* **DIRECTIONS**
Would you please repeat exactly the lines from the one containing "to its content." to the end of the records, both included, and leave out the rest?
BEGIN RECORDS
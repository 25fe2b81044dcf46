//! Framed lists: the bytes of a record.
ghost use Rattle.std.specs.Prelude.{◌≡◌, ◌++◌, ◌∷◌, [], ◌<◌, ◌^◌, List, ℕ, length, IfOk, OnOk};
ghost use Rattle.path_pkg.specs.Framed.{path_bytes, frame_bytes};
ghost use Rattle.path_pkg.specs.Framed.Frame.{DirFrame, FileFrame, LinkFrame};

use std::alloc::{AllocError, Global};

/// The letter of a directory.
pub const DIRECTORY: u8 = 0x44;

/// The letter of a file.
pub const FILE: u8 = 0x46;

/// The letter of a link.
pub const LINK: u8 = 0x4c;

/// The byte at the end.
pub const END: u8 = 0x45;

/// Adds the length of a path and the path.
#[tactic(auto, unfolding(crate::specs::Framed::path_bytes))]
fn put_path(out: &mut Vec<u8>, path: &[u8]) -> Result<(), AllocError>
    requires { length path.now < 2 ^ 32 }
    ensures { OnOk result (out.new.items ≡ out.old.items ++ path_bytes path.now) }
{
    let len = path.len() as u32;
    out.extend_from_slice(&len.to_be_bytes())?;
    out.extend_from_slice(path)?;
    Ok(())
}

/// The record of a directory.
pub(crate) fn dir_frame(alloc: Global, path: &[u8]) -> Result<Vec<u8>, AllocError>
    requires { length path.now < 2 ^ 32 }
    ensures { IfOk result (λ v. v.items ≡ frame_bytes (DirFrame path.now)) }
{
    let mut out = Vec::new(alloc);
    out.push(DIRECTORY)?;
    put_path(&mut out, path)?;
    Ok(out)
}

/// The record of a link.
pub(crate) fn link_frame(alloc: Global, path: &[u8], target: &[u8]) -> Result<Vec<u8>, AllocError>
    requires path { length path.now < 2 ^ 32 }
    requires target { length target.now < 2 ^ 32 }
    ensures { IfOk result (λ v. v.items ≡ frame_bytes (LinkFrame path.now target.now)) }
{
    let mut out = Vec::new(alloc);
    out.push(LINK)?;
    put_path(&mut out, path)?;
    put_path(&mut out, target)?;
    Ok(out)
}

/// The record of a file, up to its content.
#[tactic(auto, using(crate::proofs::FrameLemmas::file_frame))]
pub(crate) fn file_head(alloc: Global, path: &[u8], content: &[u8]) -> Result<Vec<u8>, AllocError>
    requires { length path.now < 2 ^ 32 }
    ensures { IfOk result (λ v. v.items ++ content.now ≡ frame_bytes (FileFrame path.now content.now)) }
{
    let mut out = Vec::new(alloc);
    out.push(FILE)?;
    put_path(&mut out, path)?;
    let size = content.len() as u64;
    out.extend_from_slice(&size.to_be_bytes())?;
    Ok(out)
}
END RECORDS
* **REPLY TO THE EXERCISE**
/// The record of a file, up to its content.
#[tactic(auto, using(crate::proofs::FrameLemmas::file_frame))]
pub(crate) fn file_head(alloc: Global, path: &[u8], content: &[u8]) -> Result<Vec<u8>, AllocError>
    requires { length path.now < 2 ^ 32 }
    ensures { IfOk result (λ v. v.items ++ content.now ≡ frame_bytes (FileFrame path.now content.now)) }
{
    let mut out = Vec::new(alloc);
    out.push(FILE)?;
    put_path(&mut out, path)?;
    let size = content.len() as u64;
    out.extend_from_slice(&size.to_be_bytes())?;
    Ok(out)
}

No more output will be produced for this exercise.